Because all detectable protein-linked inositol in yeast is present in the GPI-anchors, we can distinguish whether the GPIs were attached to its target proteins by checking the inositol incorporation to proteins. Therefore, we metabolically labeled the cell with [³H]inositol, and we analyzed the total protein for modification of the GPI-anchor to examine whether the pga1-1 mutant cell is actually defective in the GPI anchoring. Because all major GPI-anchored proteins are glycoproteins, almost all inositol-incorporated proteins can be recovered with Con A-Sepharose (Guillas et al., 2000). As shown in Figure 4C, [³H]inositol was incorporated in a number of proteins in the wild type, but a very small amount of [³H]inositol was detected in the pga1-1 mutant cells at 37°C. The equivalence of applied proteins was confirmed by Coomassie Brilliant Blue staining (Figure 4B). These results indicated that pga1-1 was defective in GPI synthesis or its anchoring to the target protein.
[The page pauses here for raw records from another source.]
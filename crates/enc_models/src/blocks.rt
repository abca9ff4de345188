ghost use Rattle.std.specs.Prelude.{◌≡◌, map, option_map, slice_get, Some, IfOk};
ghost use Rattle.enc_base.specs.Tables.{sum_below};
ghost use Rattle.tf_models.specs.Reading.{tables};
ghost use Rattle.tf_models.specs.Fit.{length_at, parameters_at};
ghost use Rattle.tf_models.specs.Evaluation.{member_in, IsBlock, IsReady};
ghost use Rattle.enc_models.specs.Calls.Blocks.{IsKept, AreBlocks, AreBlocksAt, AreBlocksOf, IsMarkIn, AreMarksIn};

use enc_base::{List, NoMemory};
use enc_marks::Mark;
use std::alloc::Global;
use tf_core::{Signature, Symbol};
use tf_models::{Members, TypedStructure};

/// A block of a symbol's table.
#[derive(Drop)]
pub(crate) struct Block {
    /// The place of its first entry.
    pub start: usize,
    /// The members that the types of the symbol's arguments are.
    pub arguments: List<u32>,
    /// The member that the type of its values is.
    pub value: Option<u32>,
}

/// The blocks of the table of each symbol that a mark stands for. Any other mark has an empty list.
///
/// A block is kept with a number for each argument. That is less than the entries that the lowered
/// table has for it: there are at least two numbers for each argument. So it is at a cover too,
/// where a member is told by its own number and by the stamps of its elements. A collapsed domain
/// may have one number alone; then there is one block, and the symbol itself is as long.
pub(crate) fn blocks_of_marks(
    alloc: Global,
    signature: &Signature,
    model: &TypedStructure,
    marks: &[Mark],
) -> Result<List<List<Block>>, NoMemory>
    requires ready { IsReady signature.now model.now }
    requires marks { AreMarksIn signature.now marks.now }
    ensures { IfOk result (λ blocks. AreBlocksOf signature.now model.now marks.now blocks) }
{
    let mut blocks = List::new(alloc);
    for mark in marks {
        blocks.push(blocks_of_mark(alloc, signature, model, mark)?)?;
    }
    Ok(blocks)
}

// those of one mark
fn blocks_of_mark(
    alloc: Global,
    signature: &Signature,
    model: &TypedStructure,
    mark: &Mark,
) -> Result<List<Block>, NoMemory>
    requires ready { IsReady signature.now model.now }
    requires mark { IsMarkIn signature.now mark.now }
    ensures { IfOk result (λ blocks. AreBlocksAt signature.now model.now mark.now blocks) }
{
    match mark {
        Mark::Symbol(f) => {
            let symbol = &signature.symbols.as_slice()[*f as usize];
            blocks_of_symbol(alloc, signature, model, *f, symbol)
        }
        _ => Ok(List::new(alloc)),
    }
}

// those of a symbol's table
fn blocks_of_symbol(
    alloc: Global,
    signature: &Signature,
    model: &TypedStructure,
    f: u32,
    symbol: &Symbol,
) -> Result<List<Block>, NoMemory>
    requires ready { IsReady signature.now model.now }
    requires at { slice_get signature.now.symbols f ≡ Some symbol.now }
    ensures { IfOk result (λ blocks. AreBlocks model.now symbol.now blocks) }
{
    let table = model.symbol_table(f);
    let mut blocks = List::new(alloc);
    let mut start = 0usize;
    while start < table.len() {
        let number = blocks.as_slice().len() as u64;
        blocks.push(block_of(alloc, signature, model, symbol, number, start)?)?;
        start += model.block_length(signature, symbol, number) as usize;
    }
    Ok(blocks)
}

// the block of this number, which begins here
fn block_of(
    alloc: Global,
    signature: &Signature,
    model: &TypedStructure,
    symbol: &Symbol,
    number: u64,
    start: usize,
) -> Result<Block, NoMemory>
    requires block { IsBlock signature.now model.now symbol.now number }
    requires start { start ≡ sum_below number (length_at (tables model.now) symbol.now) }
    ensures { IfOk result (IsKept model.now symbol.now number) }
{
    let arguments = members_of_arguments(alloc, signature, model, symbol, number)?;
    Ok(Block {
        start,
        arguments,
        value: member_of_value(signature, model, symbol, number),
    })
}

// the members that the types of a symbol's arguments are in a block
fn members_of_arguments(
    alloc: Global,
    signature: &Signature,
    model: &TypedStructure,
    symbol: &Symbol,
    number: u64,
) -> Result<List<u32>, NoMemory>
    requires block { IsBlock signature.now model.now symbol.now number }
    ensures { IfOk result (λ members. members
        ≡ map (member_in model.now (parameters_at (tables model.now) symbol.now number))
        symbol.now.arguments) }
{
    let count = model.sizes.as_slice().len() as u32;
    let parameters = Members::Numbered(number, count, symbol.parameters);
    let mut members = List::new(alloc);
    for ty in symbol.arguments.as_slice() {
        members.push(model.member_of(signature, ty, parameters))?;
    }
    Ok(members)
}

// the member that the type of a symbol's values is in a block
fn member_of_value(
    signature: &Signature,
    model: &TypedStructure,
    symbol: &Symbol,
    number: u64,
) -> Option<u32>
    requires block { IsBlock signature.now model.now symbol.now number }
    ensures { result ≡ option_map (member_in model.now
        (parameters_at (tables model.now) symbol.now number)) symbol.now.result }
{
    let count = model.sizes.as_slice().len() as u32;
    let parameters = Members::Numbered(number, count, symbol.parameters);
    match &symbol.result {
        Some(ty) => Some(model.member_of(signature, ty, parameters)),
        None => None,
    }
}
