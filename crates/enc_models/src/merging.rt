ghost use Rattle.std.specs.Prelude.{◌≡◌, ◌<◌, ◌≤◌, [], ◌∷◌, map, length, replicate, slice_index};
ghost use Rattle.enc_base.specs.Tables.{EachBelow, tuple_count};
ghost use Rattle.tf_core.specs.TypedTables.{constructor_entry};
ghost use Rattle.enc_base.specs.Tuples.{IsPlaced};
ghost use Rattle.tf_stamp.specs.Merged.{merged_size};
ghost use Rattle.enc_marks.specs.declared.choices.Binding.TheVariants.{ByGuard, ByTag};
ghost use Rattle.enc_laws.specs.MergedStructure.{elements_read, merged_mark};
ghost use Rattle.enc_models.specs.Calls.Sources.{numbers_at};
ghost use Rattle.enc_models.specs.Calls.Merging.{parts_of, tables_in, typed_in, merged_in, structure_in, members_in, IsMerging, AreNumbers, IsSymbolFor, IsConstructorFor};

use crate::blocks::Block;
use enc_base::List;
use enc_marks::{Choices, Encoded, Mark};
use structure_tables::UntypedSource;
use tf_core::Normal;
use tf_models::TypedStructure;
use tf_stamp::Stamped;

/// The merged structure of typed tables, over the symbols that occur in an encoded problem. Its
/// values are computed and take no memory.
#[derive(Drop)]
pub(crate) struct Merging<'a, C> {
    /// What the scheme chooses.
    pub choices: &'a C,
    pub normal: &'a Normal,
    pub encoded: &'a Encoded,
    pub model: &'a TypedStructure,
    /// The merged domain of the tables.
    pub stamped: &'a Stamped,
    /// Of each symbol, for each of its parameters, the place of the argument that tells its member.
    pub sources: &'a [List<usize>],
    /// The blocks of the table of each symbol that a mark stands for.
    pub blocks: &'a [List<Block>],
}

impl<C: Choices> UntypedSource for Merging<'_, C> {
    ghost signature = { λ it. it.encoded.now.problem.signature };

    ghost structure = { λ it. structure_in (parts_of C.choices it) };

    ghost is_ready = { λ it. IsMerging (parts_of C.choices it) };

    fn size(&self) -> u32 {
        self.stamped.size()
    }

    fn value(&self, symbol: u32, elements: &[u32]) -> u32 {
        match &self.encoded.marks.as_slice()[symbol as usize] {
            Mark::Symbol(f) => self.symbol_value(symbol, *f, elements),
            Mark::Constructor(c) => self.constructor_value(*c, elements),
            Mark::Guard => {
                let (member, number) = two_of(elements);
                self.guard_value(member, number)
            }
            Mark::Tag => {
                let (member, number) = two_of(elements);
                self.tag_value(member, number)
            }
            Mark::SortGuard(_) => unreachable!(),
            Mark::SortTag(_) => unreachable!(),
        }
    }
}

// the numbers of a tuple of two
fn two_of(values: &[u32]) -> (u32, u32)
    requires { length values.now ≡ 2 }
    ensures { values.now ≡ result.0 ∷ result.1 ∷ [] }
{
    (values[0], values[1])
}

impl<C: Choices> Merging<'_, C> {
    // the guard holds of a member and the stamps of its elements
    fn guard_value(&self, u: u32, v: u32) -> u32
        requires ready { IsMerging (parts_of C.choices self.now) }
        requires member { u < merged_size self.now.model.now.sizes }
        requires number { v < merged_size self.now.model.now.sizes }
        ensures exact { result
            ≡ merged_mark (typed_in (parts_of C.choices self.now)) ByGuard (u ∷ v ∷ []) }
    {
        let count = self.model.sizes.as_slice().len();
        if v as usize >= count && self.stamped.member_of(v) == self.stamped.member_of(u) {
            1
        } else {
            0
        }
    }

    // the tag gives the stamp of what a number is read as in a member
    fn tag_value(&self, u: u32, v: u32) -> u32
        requires ready { IsMerging (parts_of C.choices self.now) }
        requires member { u < merged_size self.now.model.now.sizes }
        requires number { v < merged_size self.now.model.now.sizes }
        ensures exact { result
            ≡ merged_mark (typed_in (parts_of C.choices self.now)) ByTag (u ∷ v ∷ []) }
    {
        let member = self.stamped.member_of(u);
        let element = self.stamped.element_in(v, member);
        self.stamped.stamp(member, element)
    }

    // the member that a constructor gives for the members that numbers are
    fn constructor_value(&self, c: u32, values: &[u32]) -> u32
        requires ready { IsMerging (parts_of C.choices self.now) }
        requires constructor { IsConstructorFor (parts_of C.choices self.now) c values.now }
        ensures exact { result ≡ constructor_entry (tables_in (parts_of C.choices self.now)) c
            (members_in (parts_of C.choices self.now) values.now) }
    {
        let table = self.model.constructors.as_slice()[c as usize].as_slice();
        let at = self.place_of_members(values, table);
        table[at]
    }

    // a function gives the stamp of its value, and a predicate the value itself
    fn symbol_value(&self, at: u32, f: u32, values: &[u32]) -> u32
        requires ready { IsMerging (parts_of C.choices self.now) }
        requires symbol { IsSymbolFor (parts_of C.choices self.now) at f values.now }
        ensures exact { result ≡ (merged_in (parts_of C.choices self.now)).symbol_at f values.now }
    {
        let symbol = &self.normal.signature.symbols.as_slice()[f as usize];
        let table = self.model.symbol_table(f);
        let sources = self.sources[f as usize].as_slice();
        let number = self.place_of_sources(sources, values, table);
        let block = &self.blocks[at as usize].as_slice()[number];
        let (_, own) = values.split_at(values.len() - symbol.arguments.as_slice().len());
        let place = self.place_in_block(block.arguments.as_slice(), own, table);
        let entry = table[block.start + place];
        match block.value {
            None => entry,
            Some(member) => self.stamped.stamp(member, entry),
        }
    }

    // the place of the tuple of the members that the numbers at some places are, in a table with an
    // entry for each tuple
    fn place_of_sources(&self, sources: &[usize], values: &[u32], table: &[u32]) -> usize
        requires ready { IsMerging (parts_of C.choices self.now) }
        requires sources { EachBelow (replicate (length sources.now) (length values.now))
            sources.now }
        requires numbers { AreNumbers (parts_of C.choices self.now) (length values.now) values.now }
        requires entries { tuple_count
            (replicate (length sources.now) (length self.now.model.now.sizes)) ≤ length table.now }
        ensures exact { IsPlaced
            (replicate (length sources.now) (length self.now.model.now.sizes))
            (members_in (parts_of C.choices self.now) (numbers_at values.now sources.now)) result }
    {
        let count = self.model.sizes.as_slice().len();
        let mut at = 0usize;
        for source in sources {
            at = at * count + self.stamped.member_of(values[*source]) as usize;
        }
        at
    }

    // the place, in a block whose arguments have these members, of the elements that numbers are
    // read as
    fn place_in_block(&self, members: &[u32], values: &[u32], table: &[u32]) -> usize
        requires ready { IsMerging (parts_of C.choices self.now) }
        requires members { EachBelow (replicate (length members.now)
            (length self.now.model.now.sizes)) members.now }
        requires numbers { AreNumbers (parts_of C.choices self.now) (length members.now)
            values.now }
        requires entries { tuple_count (map (slice_index self.now.model.now.sizes) members.now)
            ≤ length table.now }
        ensures exact { IsPlaced (map (slice_index self.now.model.now.sizes) members.now)
            (elements_read self.now.model.now.sizes members.now values.now) result }
    {
        let sizes = self.model.sizes.as_slice();
        let mut at = 0usize;
        for (i, member) in members.iter().enumerate() {
            let element = self.stamped.element_in(values[i], *member);
            at = at * sizes[*member as usize] as usize + element as usize;
        }
        at
    }

    // the place of the tuple of the members that numbers are, in a table with an entry for each
    // tuple
    fn place_of_members(&self, values: &[u32], table: &[u32]) -> usize
        requires ready { IsMerging (parts_of C.choices self.now) }
        requires numbers { AreNumbers (parts_of C.choices self.now) (length values.now) values.now }
        requires entries { tuple_count
            (replicate (length values.now) (length self.now.model.now.sizes)) ≤ length table.now }
        ensures exact { IsPlaced (replicate (length values.now) (length self.now.model.now.sizes))
            (members_in (parts_of C.choices self.now) values.now) result }
    {
        let count = self.model.sizes.as_slice().len();
        let mut at = 0usize;
        for value in values {
            at = at * count + self.stamped.member_of(*value) as usize;
        }
        at
    }
}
pga1^ts Mutants Display the Phenotypes Related to GPI-anchoring Defect

The mutants defective in GPI-anchoring generally show cell wall defects that are partially suppressed by increasing the osmolarity by adding 1 M sorbitol into the growth medium. Similarly, the pga1-1 mutant did not form colonies on the YPD plate at 36°C for 2 d, but the temperature sensitivity was partially suppressed by adding 1 M sorbitol to YPD (Figure 5A). At a sublethal temperature (34°C), a significant increase of the amount of Kar2p protein in the ER lumen was found in the pga1-1 mutant (Figure 5B). This indicates the pga1 mutant induced the unfolded protein response (UPR), which is commonly observed in GPI mutants (Ng et al., 2000, Davydenko et al., 2005). In contrast, the Δemp24 mutant that accumulates the ER-form Gas1 precursor due to the defect in transport of GPI-anchored proteins from the ER does not show UPR induction, suggesting that the UPR is induced by the accumulation of the GPI precursor or the target protein without GPI-anchoring, but not by the accumulation of GPI-anchored proteins. Mutants defective in GPI-anchoring are typically hypersensitive to the chitin-binding dye Calcofluor White (CFW). At a permissive temperature (30°C), the pga1-1 mutant showed a slightly increased sensitivity to CFW (Figure 5C). The Δgas1 mutant showed higher sensitivity. These results strongly support the likeliness that Pga1 is actually defective in GPI anchoring.

Figure 5.

The pga1-1 mutant displayed the phenotypes related to the defect of GPI-anchoring. (A) The temperature sensitivity of pga1-1 was partially suppressed by high osmolarity. The WT and pga1-1 mutant were streaked on YPD with or without 1 M sorbitol and grown 2 d at 36°C. (B) Unfolded protein response was induced in pga1-1 mutant cells. The amount of Kar2 protein (BiP) in the WT, pga1-1 mutant and Δemp24 mutant grown at 34°C was analyzed by SDS-PAGE and Western blotting, by using the ER membrane protein Scs2 as the loading control. (C) The pga1-1 mutant showed increased sensitivity to Calcofluor white. Ten microliters of 10-fold serially diluted suspension of the WT, Δgas1, and pga1-1 mutant cells were spotted on SD agar with or without 40 μg/ml Calcofluor White, and then the cells were incubated for 2 d at 30°C.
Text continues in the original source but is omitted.